//! Filters as text. A filter whose nodes are each named once, but for the last, is written as the
//! expression of its last node; any other lists its nodes by number, so that no node is written twice.
ghost use Rattle.std.specs.Prelude.{◌≤◌};

use query::node::Node;
use std::fmt;
use std::fmt::{Formatter, Write};

/// A filter's nodes, which show as `FILTER` and an expression; no nodes show as nothing.
#[derive(Clone, Copy)]
pub(crate) struct FilterText<'a>(pub &'a [Node]);

impl fmt::Display for FilterText<'_> {
    fn fmt<W: Write>(&self, f: &mut Formatter<W>) -> fmt::Result {
        let nodes = self.0;
        let expression = Expression(nodes);
        match nodes {
            [] => Ok(()),
            nodes if !is_tree(nodes) => write!(f, "FILTER {}", Numbered(nodes)),
            [.., Node::Bound(_) | Node::Not(_)] => write!(f, "FILTER ({expression})"),
            _ => write!(f, "FILTER {expression}"),
        }
    }
}

/// Whether each node but the last is named exactly once.
fn is_tree(nodes: &[Node]) -> bool {
    let last = nodes.len().saturating_sub(1);
    (0..last).all(|number| uses(nodes, number) == 1)
}

/// How often the nodes name the node `number`.
fn uses(nodes: &[Node], number: usize) -> usize {
    nodes.iter().map(|node| uses_in(*node, number)).sum()
}

/// How often the node names the node `number`.
fn uses_in(node: Node, number: usize) -> usize
    ensures { result ≤ 2 }
{
    match node {
        Node::Not(a) => usize::from(a as usize == number),
        Node::And(a, b) | Node::Or(a, b) => usize::from(a as usize == number)
            + usize::from(b as usize == number),
        _ => 0,
    }
}

/// Nodes that show as the expression of the last, with the nodes that it names in their places.
#[derive(Clone, Copy)]
struct Expression<'a>(&'a [Node]);

impl fmt::Display for Expression<'_> {
    fn fmt<W: Write>(&self, f: &mut Formatter<W>) -> fmt::Result {
        put_expression(self.0, f)
    }
}

// Kept as functions: where `write!` calls a `Display` that leads back to its caller, the proof doesn't close.
/// Writes the expression of the last node, with the nodes that it names in their places.
#[cycle(expression)]
fn put_expression<W: Write>(nodes: &[Node], f: &mut Formatter<W>) -> fmt::Result {
    let Some((node, below)) = nodes.split_last() else {
        return Ok(());
    };
    match *node {
        Node::Not(a) => {
            f.write_char('!')?;
            put_operand(below, a, f)
        }
        Node::And(a, b) => put_both(below, a, " && ", b, f),
        Node::Or(a, b) => put_both(below, a, " || ", b, f),
        node => write!(f, "{}", Named(node)),
    }
}

/// Writes the expressions of two nodes in brackets, with the sign between.
#[cycle(expression)]
fn put_both<W: Write>(
    below: &[Node],
    a: u32,
    sign: &str,
    b: u32,
    f: &mut Formatter<W>,
) -> fmt::Result {
    f.write_char('(')?;
    put_operand(below, a, f)?;
    f.write_str(sign)?;
    put_operand(below, b, f)?;
    f.write_char(')')
}

/// Writes the expression of the node `number`, or its name where it is not among the nodes below.
#[cycle(expression)]
fn put_operand<W: Write>(below: &[Node], number: u32, f: &mut Formatter<W>) -> fmt::Result {
    match below.get(..=number as usize) {
        Some(nodes) => put_expression(nodes, f),
        None => write!(f, "n{number}"),
    }
}

/// Nodes that show as the name of the last, and then what each name stands for.
#[derive(Clone, Copy)]
struct Numbered<'a>(&'a [Node]);

impl fmt::Display for Numbered<'_> {
    fn fmt<W: Write>(&self, f: &mut Formatter<W>) -> fmt::Result {
        let last = self.0.len().saturating_sub(1);
        write!(f, "(n{last}) WHERE ")?;
        // Kept as a test of `i`: with `split_first`, what is written for an item would stand at two places.
        for (i, node) in self.0.iter().enumerate() {
            let node = Named(*node);
            f.write_str(if i == 0 { "" } else { ", " })?;
            write!(f, "n{i}: {node}")?;
        }
        Ok(())
    }
}

/// A node, which shows with the nodes that it names by their numbers.
#[derive(Clone, Copy)]
struct Named(Node);

impl fmt::Display for Named {
    fn fmt<W: Write>(&self, f: &mut Formatter<W>) -> fmt::Result {
        match self.0 {
            Node::Equal(a, b) => write!(f, "({a} = {b})"),
            Node::Less(a, b) => write!(f, "({a} < {b})"),
            Node::Bound(variable) => write!(f, "BOUND(?v{variable})"),
            Node::Not(a) => write!(f, "!n{a}"),
            Node::And(a, b) => write!(f, "(n{a} && n{b})"),
            Node::Or(a, b) => write!(f, "(n{a} || n{b})"),
        }
    }
}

Activity:
Verbatim and in full, return the listing above.

Written response:
//! Filters as text. A filter whose nodes are each named once, but for the last, is written as the
//! expression of its last node; any other lists its nodes by number, so that no node is written twice.
ghost use Rattle.std.specs.Prelude.{◌≤◌};

use query::node::Node;
use std::fmt;
use std::fmt::{Formatter, Write};

/// A filter's nodes, which show as `FILTER` and an expression; no nodes show as nothing.
#[derive(Clone, Copy)]
pub(crate) struct FilterText<'a>(pub &'a [Node]);

impl fmt::Display for FilterText<'_> {
    fn fmt<W: Write>(&self, f: &mut Formatter<W>) -> fmt::Result {
        let nodes = self.0;
        let expression = Expression(nodes);
        match nodes {
            [] => Ok(()),
            nodes if !is_tree(nodes) => write!(f, "FILTER {}", Numbered(nodes)),
            [.., Node::Bound(_) | Node::Not(_)] => write!(f, "FILTER ({expression})"),
            _ => write!(f, "FILTER {expression}"),
        }
    }
}

/// Whether each node but the last is named exactly once.
fn is_tree(nodes: &[Node]) -> bool {
    let last = nodes.len().saturating_sub(1);
    (0..last).all(|number| uses(nodes, number) == 1)
}

/// How often the nodes name the node `number`.
fn uses(nodes: &[Node], number: usize) -> usize {
    nodes.iter().map(|node| uses_in(*node, number)).sum()
}

/// How often the node names the node `number`.
fn uses_in(node: Node, number: usize) -> usize
    ensures { result ≤ 2 }
{
    match node {
        Node::Not(a) => usize::from(a as usize == number),
        Node::And(a, b) | Node::Or(a, b) => usize::from(a as usize == number)
            + usize::from(b as usize == number),
        _ => 0,
    }
}

/// Nodes that show as the expression of the last, with the nodes that it names in their places.
#[derive(Clone, Copy)]
struct Expression<'a>(&'a [Node]);

impl fmt::Display for Expression<'_> {
    fn fmt<W: Write>(&self, f: &mut Formatter<W>) -> fmt::Result {
        put_expression(self.0, f)
    }
}

// Kept as functions: where `write!` calls a `Display` that leads back to its caller, the proof doesn't close.
/// Writes the expression of the last node, with the nodes that it names in their places.
#[cycle(expression)]
fn put_expression<W: Write>(nodes: &[Node], f: &mut Formatter<W>) -> fmt::Result {
    let Some((node, below)) = nodes.split_last() else {
        return Ok(());
    };
    match *node {
        Node::Not(a) => {
            f.write_char('!')?;
            put_operand(below, a, f)
        }
        Node::And(a, b) => put_both(below, a, " && ", b, f),
        Node::Or(a, b) => put_both(below, a, " || ", b, f),
        node => write!(f, "{}", Named(node)),
    }
}

/// Writes the expressions of two nodes in brackets, with the sign between.
#[cycle(expression)]
fn put_both<W: Write>(
    below: &[Node],
    a: u32,
    sign: &str,
    b: u32,
    f: &mut Formatter<W>,
) -> fmt::Result {
    f.write_char('(')?;
    put_operand(below, a, f)?;
    f.write_str(sign)?;
    put_operand(below, b, f)?;
    f.write_char(')')
}

/// Writes the expression of the node `number`, or its name where it is not among the nodes below.
#[cycle(expression)]
fn put_operand<W: Write>(below: &[Node], number: u32, f: &mut Formatter<W>) -> fmt::Result {
    match below.get(..=number as usize) {
        Some(nodes) => put_expression(nodes, f),
        None => write!(f, "n{number}"),
    }
}

/// Nodes that show as the name of the last, and then what each name stands for.
#[derive(Clone, Copy)]
struct Numbered<'a>(&'a [Node]);

impl fmt::Display for Numbered<'_> {
    fn fmt<W: Write>(&self, f: &mut Formatter<W>) -> fmt::Result {
        let last = self.0.len().saturating_sub(1);
        write!(f, "(n{last}) WHERE ")?;
        // Kept as a test of `i`: with `split_first`, what is written for an item would stand at two places.
        for (i, node) in self.0.iter().enumerate() {
            let node = Named(*node);
            f.write_str(if i == 0 { "" } else { ", " })?;
            write!(f, "n{i}: {node}")?;
        }
        Ok(())
    }
}

/// A node, which shows with the nodes that it names by their numbers.
#[derive(Clone, Copy)]
struct Named(Node);

impl fmt::Display for Named {
    fn fmt<W: Write>(&self, f: &mut Formatter<W>) -> fmt::Result {
        match self.0 {
            Node::Equal(a, b) => write!(f, "({a} = {b})"),
            Node::Less(a, b) => write!(f, "({a} < {b})"),
            Node::Bound(variable) => write!(f, "BOUND(?v{variable})"),
            Node::Not(a) => write!(f, "!n{a}"),
            Node::And(a, b) => write!(f, "(n{a} && n{b})"),
            Node::Or(a, b) => write!(f, "(n{a} || n{b})"),
        }
    }
}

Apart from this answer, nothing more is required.